Data to process below:
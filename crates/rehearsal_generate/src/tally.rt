//! What is drawn and counted while the work goes on.
ghost use Rattle.std.specs.Prelude.{◌≡◌, OnOk};
ghost use Rattle.rehearsal_generate.specs.Draws.{drawn, next_seed};
ghost use Rattle.rehearsal_generate.specs.Work.{first_tally, noted};

use ps_time::items::Items;
use ps_time::memory::Memory;
use ps_time::moment::Moment;
use std::alloc::Global;

/// What generated work keeps beside its hosts.
pub struct Tally {
    /// What the next draw comes from.
    pub seed: u64,
    /// The numbers of the messages that were lost.
    pub lost: Items<u64>,
    /// When hosts crashed.
    pub crashes: Items<Moment>,
}

// Written out, so that a drop elsewhere is one call.
impl Drop for Tally {
    fn drop(self) {
        let Tally {
            seed: _,
            lost: _,
            crashes: _,
        } = self;
    }
}

impl Tally {
    /// Before the first draw.
    pub fn new(alloc: Global) -> Tally
        ensures { result ≡ first_tally }
    {
        Tally {
            seed: 1,
            lost: Items::new(alloc),
            crashes: Items::new(alloc),
        }
    }

    /// The next number, of 31 bits.
    pub fn draw(&mut self) -> u64
        ensures number { result ≡ drawn (next_seed self.old.seed) }
        ensures seed { self.new ≡ record self.old { seed = next_seed self.old.seed } }
    {
        self.seed = seed_after(self.seed);
        number_at(self.seed)
    }

    /// The host crashed at a moment, where this is true.
    pub fn note_crash(&mut self, is_crash: bool, moment: Moment) -> Result<(), Memory>
        ensures { OnOk result (self.new ≡ record self.old { crashes = noted is_crash moment self.old.crashes }) }
    {
        if is_crash {
            self.crashes.push(moment)?;
        }
        Ok(())
    }

    /// The message was lost, where this is true.
    pub fn note_loss(&mut self, is_loss: bool, message: u64) -> Result<(), Memory>
        ensures { OnOk result (self.new ≡ record self.old { lost = noted is_loss message self.old.lost }) }
    {
        if is_loss {
            self.lost.push(message)?;
        }
        Ok(())
    }
}

#[tactic(auto, unfolding(crate::specs::Draws::next_seed))]
fn seed_after(seed: u64) -> u64
    ensures { result ≡ next_seed seed }
{
    seed.wrapping_mul(6_364_136_223_846_793_005)
        .wrapping_add(1_442_695_040_888_963_407)
}

#[tactic(auto, unfolding(crate::specs::Draws::drawn))]
fn number_at(seed: u64) -> u64
    ensures { result ≡ drawn seed }
{
    seed >> 33
}
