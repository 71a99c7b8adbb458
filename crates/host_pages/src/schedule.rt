//! The runs of a schedule, in order.
ghost use Rattle.std.specs.Prelude.{◌≡◌, ◌++◌, ◌≤◌, IfOk, OnOk, filter_map};
ghost use Rattle.ps_time.specs.declared.moment.TheConstants.{MAX_MOMENT};
ghost use Rattle.run_states.specs.Life.{HasMoments};
ghost use Rattle.run_states.specs.Rows.{IsAscendingRows};
ghost use Rattle.host_model.specs.Book.{keys_of_rows};
ghost use Rattle.host_model.specs.Views.{in_order, line_cmp, line_of, schedule_lines};
ghost use Rattle.host_pages.specs.Walks.{HaveKeysAscending, line_at};

use crate::showing::Showing;
use host_model::view::Line;
use plugin_core::test_spec::class_of;
use ps_time::items::Items;
use ps_time::key::RunKey;
use ps_time::memory::Memory;
use ps_time::moment::Moment;
use run_states::life::state_name;
use run_states::row::RunRow;
use std::alloc::Global;
use std::cmp::Ordering;

/// The runs that overlap the interval from start to end, by start, then by end, then by key.
pub(crate) fn schedule_lines<R: Showing>(
    alloc: Global,
    book: &R,
    start: Moment,
    end: Moment,
) -> Result<Items<Line>, Memory>
    ensures { IfOk result (λ lines. lines ≡ schedule_lines (R.seen book.now) (R.at book.now) (record { start = start; end = end })) }
{
    let mut lines = Vec::new(alloc);
    add_lines(book, start, end, &mut lines)?;
    sort(&mut lines)?;
    Ok(Items::from_vec(lines))
}

// Adds the line of each run that overlaps: a walk from one run to the next.
fn add_lines<R: Showing>(
    book: &R,
    start: Moment,
    end: Moment,
    lines: &mut Vec<Line>,
) -> Result<(), Memory>
    ensures list { OnOk result (lines.new.items ≡ lines.old.items ++ filter_map (line_at (R.at book.now) (record { start = start; end = end }) (R.seen book.now)) (keys_of_rows (R.seen book.now))) }
    ensures ascending { IsAscendingRows (R.seen book.now) }
{
    let mut last = None;
    while let Some(key) = book.next_row(last) {
        if let Some(line) = line_at(book, start, end, key) {
            lines.push(line)?;
        }
        last = Some(key);
    }
    Ok(())
}

fn line_at<R: Showing>(book: &R, start: Moment, end: Moment, key: RunKey) -> Option<Line>
    ensures { result ≡ line_at (R.at book.now) (record { start = start; end = end }) (R.seen book.now) key }
{
    let row = book.find(key)?;
    line_of(row, start, end, book.moment())
}

fn line_of(row: &RunRow, start: Moment, end: Moment, moment: Moment) -> Option<Line>
    requires bound { moment ≤ MAX_MOMENT }
    requires row { HasMoments row.now }
    ensures { result ≡ line_of moment (record { start = start; end = end }) row.now row.now.interval }
{
    let interval = row.interval?;
    if interval.start < end && start < interval.end {
        Some(Line {
            key: row.key,
            class: class_of(&row.test),
            interval,
            priority: row.priority,
            state: state_name(row, moment),
        })
    } else {
        None
    }
}

fn sort(lines: &mut Vec<Line>) -> Result<(), Memory>
    requires { HaveKeysAscending lines.old.items }
    ensures { OnOk result (lines.new.items ≡ in_order lines.old.items) }
{
    lines.sort_by(|a, b| order(a, b))?;
    Ok(())
}

fn order(a: &Line, b: &Line) -> Ordering
    ensures { result ≡ line_cmp a.now b.now }
{
    a.interval
        .start
        .cmp(&b.interval.start)
        .then(a.interval.end.cmp(&b.interval.end))
        .then(a.key.order(&b.key))
}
End of Data to process.
Write every line of the entries again, word for word.

filename crates/rehearsal_generate/src/tally.rt
//! What is drawn and counted while the work goes on.
ghost use Rattle.std.specs.Prelude.{◌≡◌, OnOk};
ghost use Rattle.rehearsal_generate.specs.Draws.{drawn, next_seed};
ghost use Rattle.rehearsal_generate.specs.Work.{first_tally, noted};

use ps_time::items::Items;
use ps_time::memory::Memory;
use ps_time::moment::Moment;
use std::alloc::Global;

/// What generated work keeps beside its hosts.
pub struct Tally {
    /// What the next draw comes from.
    pub seed: u64,
    /// The numbers of the messages that were lost.
    pub lost: Items<u64>,
    /// When hosts crashed.
    pub crashes: Items<Moment>,
}

// Written out, so that a drop elsewhere is one call.
impl Drop for Tally {
    fn drop(self) {
        let Tally {
            seed: _,
            lost: _,
            crashes: _,
        } = self;
    }
}

impl Tally {
    /// Before the first draw.
    pub fn new(alloc: Global) -> Tally
        ensures { result ≡ first_tally }
    {
        Tally {
            seed: 1,
            lost: Items::new(alloc),
            crashes: Items::new(alloc),
        }
    }

    /// The next number, of 31 bits.
    pub fn draw(&mut self) -> u64
        ensures number { result ≡ drawn (next_seed self.old.seed) }
        ensures seed { self.new ≡ record self.old { seed = next_seed self.old.seed } }
    {
        self.seed = seed_after(self.seed);
        number_at(self.seed)
    }

    /// The host crashed at a moment, where this is true.
    pub fn note_crash(&mut self, is_crash: bool, moment: Moment) -> Result<(), Memory>
        ensures { OnOk result (self.new ≡ record self.old { crashes = noted is_crash moment self.old.crashes }) }
    {
        if is_crash {
            self.crashes.push(moment)?;
        }
        Ok(())
    }

    /// The message was lost, where this is true.
    pub fn note_loss(&mut self, is_loss: bool, message: u64) -> Result<(), Memory>
        ensures { OnOk result (self.new ≡ record self.old { lost = noted is_loss message self.old.lost }) }
    {
        if is_loss {
            self.lost.push(message)?;
        }
        Ok(())
    }
}

#[tactic(auto, unfolding(crate::specs::Draws::next_seed))]
fn seed_after(seed: u64) -> u64
    ensures { result ≡ next_seed seed }
{
    seed.wrapping_mul(6_364_136_223_846_793_005)
        .wrapping_add(1_442_695_040_888_963_407)
}

#[tactic(auto, unfolding(crate::specs::Draws::drawn))]
fn number_at(seed: u64) -> u64
    ensures { result ≡ drawn seed }
{
    seed >> 33
}
repository 71a99c7b8adbb458
filename crates/host_pages/src/schedule.rt
//! The runs of a schedule, in order.
ghost use Rattle.std.specs.Prelude.{◌≡◌, ◌++◌, ◌≤◌, IfOk, OnOk, filter_map};
ghost use Rattle.ps_time.specs.declared.moment.TheConstants.{MAX_MOMENT};
ghost use Rattle.run_states.specs.Life.{HasMoments};
ghost use Rattle.run_states.specs.Rows.{IsAscendingRows};
ghost use Rattle.host_model.specs.Book.{keys_of_rows};
ghost use Rattle.host_model.specs.Views.{in_order, line_cmp, line_of, schedule_lines};
ghost use Rattle.host_pages.specs.Walks.{HaveKeysAscending, line_at};

use crate::showing::Showing;
use host_model::view::Line;
use plugin_core::test_spec::class_of;
use ps_time::items::Items;
use ps_time::key::RunKey;
use ps_time::memory::Memory;
use ps_time::moment::Moment;
use run_states::life::state_name;
use run_states::row::RunRow;
use std::alloc::Global;
use std::cmp::Ordering;

/// The runs that overlap the interval from start to end, by start, then by end, then by key.
pub(crate) fn schedule_lines<R: Showing>(
    alloc: Global,
    book: &R,
    start: Moment,
    end: Moment,
) -> Result<Items<Line>, Memory>
    ensures { IfOk result (λ lines. lines ≡ schedule_lines (R.seen book.now) (R.at book.now) (record { start = start; end = end })) }
{
    let mut lines = Vec::new(alloc);
    add_lines(book, start, end, &mut lines)?;
    sort(&mut lines)?;
    Ok(Items::from_vec(lines))
}

// Adds the line of each run that overlaps: a walk from one run to the next.
fn add_lines<R: Showing>(
    book: &R,
    start: Moment,
    end: Moment,
    lines: &mut Vec<Line>,
) -> Result<(), Memory>
    ensures list { OnOk result (lines.new.items ≡ lines.old.items ++ filter_map (line_at (R.at book.now) (record { start = start; end = end }) (R.seen book.now)) (keys_of_rows (R.seen book.now))) }
    ensures ascending { IsAscendingRows (R.seen book.now) }
{
    let mut last = None;
    while let Some(key) = book.next_row(last) {
        if let Some(line) = line_at(book, start, end, key) {
            lines.push(line)?;
        }
        last = Some(key);
    }
    Ok(())
}

fn line_at<R: Showing>(book: &R, start: Moment, end: Moment, key: RunKey) -> Option<Line>
    ensures { result ≡ line_at (R.at book.now) (record { start = start; end = end }) (R.seen book.now) key }
{
    let row = book.find(key)?;
    line_of(row, start, end, book.moment())
}

fn line_of(row: &RunRow, start: Moment, end: Moment, moment: Moment) -> Option<Line>
    requires bound { moment ≤ MAX_MOMENT }
    requires row { HasMoments row.now }
    ensures { result ≡ line_of moment (record { start = start; end = end }) row.now row.now.interval }
{
    let interval = row.interval?;
    if interval.start < end && start < interval.end {
        Some(Line {
            key: row.key,
            class: class_of(&row.test),
            interval,
            priority: row.priority,
            state: state_name(row, moment),
        })
    } else {
        None
    }
}

fn sort(lines: &mut Vec<Line>) -> Result<(), Memory>
    requires { HaveKeysAscending lines.old.items }
    ensures { OnOk result (lines.new.items ≡ in_order lines.old.items) }
{
    lines.sort_by(|a, b| order(a, b))?;
    Ok(())
}

fn order(a: &Line, b: &Line) -> Ordering
    ensures { result ≡ line_cmp a.now b.now }
{
    a.interval
        .start
        .cmp(&b.interval.start)
        .then(a.interval.end.cmp(&b.interval.end))
        .then(a.key.order(&b.key))
}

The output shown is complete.